(Source data)
☆ ☆ ☆ ☆ ☆
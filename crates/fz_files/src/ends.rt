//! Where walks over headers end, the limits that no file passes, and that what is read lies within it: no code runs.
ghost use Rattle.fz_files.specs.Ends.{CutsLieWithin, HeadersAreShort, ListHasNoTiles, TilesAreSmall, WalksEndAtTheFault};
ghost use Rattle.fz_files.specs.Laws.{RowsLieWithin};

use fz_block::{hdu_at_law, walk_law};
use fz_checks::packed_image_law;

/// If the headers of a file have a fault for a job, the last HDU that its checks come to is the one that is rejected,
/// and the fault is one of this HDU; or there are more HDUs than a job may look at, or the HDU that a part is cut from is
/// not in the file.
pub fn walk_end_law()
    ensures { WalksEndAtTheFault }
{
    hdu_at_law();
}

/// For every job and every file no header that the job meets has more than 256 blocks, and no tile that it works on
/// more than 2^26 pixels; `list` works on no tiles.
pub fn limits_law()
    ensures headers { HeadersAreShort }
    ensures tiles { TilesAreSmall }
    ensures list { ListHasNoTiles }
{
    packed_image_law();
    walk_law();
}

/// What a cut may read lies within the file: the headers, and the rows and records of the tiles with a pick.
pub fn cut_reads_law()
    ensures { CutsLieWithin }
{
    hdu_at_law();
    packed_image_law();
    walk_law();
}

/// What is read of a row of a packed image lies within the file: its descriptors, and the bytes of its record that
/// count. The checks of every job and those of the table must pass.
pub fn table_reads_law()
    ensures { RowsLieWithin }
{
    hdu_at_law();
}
☆ ☆ ☆ ☆ ☆
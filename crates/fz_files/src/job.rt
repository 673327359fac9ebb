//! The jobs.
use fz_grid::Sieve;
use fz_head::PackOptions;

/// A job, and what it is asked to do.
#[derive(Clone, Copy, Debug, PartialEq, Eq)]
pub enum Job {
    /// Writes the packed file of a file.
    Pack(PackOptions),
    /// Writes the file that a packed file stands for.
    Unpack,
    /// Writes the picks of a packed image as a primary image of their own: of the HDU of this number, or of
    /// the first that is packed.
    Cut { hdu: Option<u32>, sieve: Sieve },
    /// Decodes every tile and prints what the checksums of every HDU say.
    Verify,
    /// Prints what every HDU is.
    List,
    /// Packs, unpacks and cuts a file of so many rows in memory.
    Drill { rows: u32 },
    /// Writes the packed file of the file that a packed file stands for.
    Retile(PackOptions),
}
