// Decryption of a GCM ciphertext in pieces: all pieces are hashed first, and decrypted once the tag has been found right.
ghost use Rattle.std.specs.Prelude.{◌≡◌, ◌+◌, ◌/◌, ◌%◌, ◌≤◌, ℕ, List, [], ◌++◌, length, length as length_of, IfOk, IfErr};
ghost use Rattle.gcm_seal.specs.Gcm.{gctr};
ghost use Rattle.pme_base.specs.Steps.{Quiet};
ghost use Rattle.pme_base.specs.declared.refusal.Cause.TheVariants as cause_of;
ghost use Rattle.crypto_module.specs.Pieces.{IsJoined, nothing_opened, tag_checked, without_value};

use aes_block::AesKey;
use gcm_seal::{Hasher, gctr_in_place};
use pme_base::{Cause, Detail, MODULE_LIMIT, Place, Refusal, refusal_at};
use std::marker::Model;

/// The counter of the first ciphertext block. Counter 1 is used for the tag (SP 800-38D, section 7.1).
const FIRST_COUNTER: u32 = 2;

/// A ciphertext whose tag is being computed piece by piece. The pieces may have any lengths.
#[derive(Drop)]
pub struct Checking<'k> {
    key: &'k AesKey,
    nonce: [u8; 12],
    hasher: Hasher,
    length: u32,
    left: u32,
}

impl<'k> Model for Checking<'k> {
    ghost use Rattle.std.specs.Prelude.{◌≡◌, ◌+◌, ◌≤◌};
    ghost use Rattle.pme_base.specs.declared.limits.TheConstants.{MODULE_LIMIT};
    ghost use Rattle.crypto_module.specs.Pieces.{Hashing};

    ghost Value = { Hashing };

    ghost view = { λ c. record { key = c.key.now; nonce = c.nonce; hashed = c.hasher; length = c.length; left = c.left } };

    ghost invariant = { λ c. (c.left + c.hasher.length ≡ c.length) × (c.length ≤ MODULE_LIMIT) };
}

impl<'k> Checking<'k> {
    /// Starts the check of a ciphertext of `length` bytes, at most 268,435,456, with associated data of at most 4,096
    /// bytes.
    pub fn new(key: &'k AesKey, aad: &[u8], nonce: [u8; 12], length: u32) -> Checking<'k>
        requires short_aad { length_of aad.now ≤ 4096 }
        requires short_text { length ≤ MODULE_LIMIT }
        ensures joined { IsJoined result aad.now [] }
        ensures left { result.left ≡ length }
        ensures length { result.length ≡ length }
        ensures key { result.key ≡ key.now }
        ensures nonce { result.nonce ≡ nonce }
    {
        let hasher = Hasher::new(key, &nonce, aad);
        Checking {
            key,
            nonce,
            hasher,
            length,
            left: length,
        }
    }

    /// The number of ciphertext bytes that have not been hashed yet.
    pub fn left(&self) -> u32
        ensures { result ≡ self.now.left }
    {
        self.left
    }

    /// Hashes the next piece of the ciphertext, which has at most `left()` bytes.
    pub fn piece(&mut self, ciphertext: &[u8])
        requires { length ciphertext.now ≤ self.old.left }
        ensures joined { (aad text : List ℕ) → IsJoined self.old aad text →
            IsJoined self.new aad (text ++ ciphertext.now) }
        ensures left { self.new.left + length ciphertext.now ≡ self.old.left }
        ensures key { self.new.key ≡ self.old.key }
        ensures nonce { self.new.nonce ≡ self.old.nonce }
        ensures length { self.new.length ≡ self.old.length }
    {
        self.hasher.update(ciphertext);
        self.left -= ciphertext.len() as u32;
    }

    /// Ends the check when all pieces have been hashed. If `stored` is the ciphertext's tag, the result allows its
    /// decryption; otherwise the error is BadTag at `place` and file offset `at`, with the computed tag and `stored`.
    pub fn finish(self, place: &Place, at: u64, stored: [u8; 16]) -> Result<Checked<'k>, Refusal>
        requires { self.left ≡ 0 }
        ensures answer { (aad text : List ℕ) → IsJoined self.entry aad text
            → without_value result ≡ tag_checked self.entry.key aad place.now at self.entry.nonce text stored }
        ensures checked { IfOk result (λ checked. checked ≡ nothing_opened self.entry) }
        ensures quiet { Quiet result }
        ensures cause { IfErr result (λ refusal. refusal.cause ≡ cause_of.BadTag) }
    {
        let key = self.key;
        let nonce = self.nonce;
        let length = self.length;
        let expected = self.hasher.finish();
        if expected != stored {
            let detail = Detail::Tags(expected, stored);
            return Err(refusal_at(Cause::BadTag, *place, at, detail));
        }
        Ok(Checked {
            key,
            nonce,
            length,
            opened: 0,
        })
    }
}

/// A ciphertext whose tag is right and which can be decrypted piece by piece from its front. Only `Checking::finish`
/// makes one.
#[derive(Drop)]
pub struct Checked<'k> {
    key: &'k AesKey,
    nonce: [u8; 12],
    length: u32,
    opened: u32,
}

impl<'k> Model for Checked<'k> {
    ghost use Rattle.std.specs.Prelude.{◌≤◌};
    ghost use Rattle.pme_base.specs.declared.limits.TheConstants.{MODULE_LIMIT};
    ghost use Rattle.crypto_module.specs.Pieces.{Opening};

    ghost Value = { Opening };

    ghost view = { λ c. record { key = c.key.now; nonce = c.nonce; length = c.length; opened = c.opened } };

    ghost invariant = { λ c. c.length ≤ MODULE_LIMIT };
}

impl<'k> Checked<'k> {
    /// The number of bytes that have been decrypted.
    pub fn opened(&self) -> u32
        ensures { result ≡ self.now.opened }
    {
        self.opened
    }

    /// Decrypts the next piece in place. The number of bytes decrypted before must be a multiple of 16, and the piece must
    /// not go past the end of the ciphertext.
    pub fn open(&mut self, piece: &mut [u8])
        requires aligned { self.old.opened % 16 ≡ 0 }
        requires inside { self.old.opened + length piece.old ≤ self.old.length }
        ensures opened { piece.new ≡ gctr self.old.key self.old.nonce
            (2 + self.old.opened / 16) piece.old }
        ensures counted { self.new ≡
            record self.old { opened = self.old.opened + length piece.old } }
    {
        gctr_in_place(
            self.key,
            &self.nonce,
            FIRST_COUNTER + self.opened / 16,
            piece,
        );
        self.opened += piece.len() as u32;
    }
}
☆ ☆ ☆ ☆ ☆
**YOUR INSTRUCTIONS:** Reproduce every line above that contains the string "IfOk".

**TASK SOLUTION:**
ghost use Rattle.std.specs.Prelude.{◌≡◌, ◌+◌, ◌/◌, ◌%◌, ◌≤◌, ℕ, List, [], ◌++◌, length, length as length_of, IfOk, IfErr};
        ensures checked { IfOk result (λ checked. checked ≡ nothing_opened self.entry) }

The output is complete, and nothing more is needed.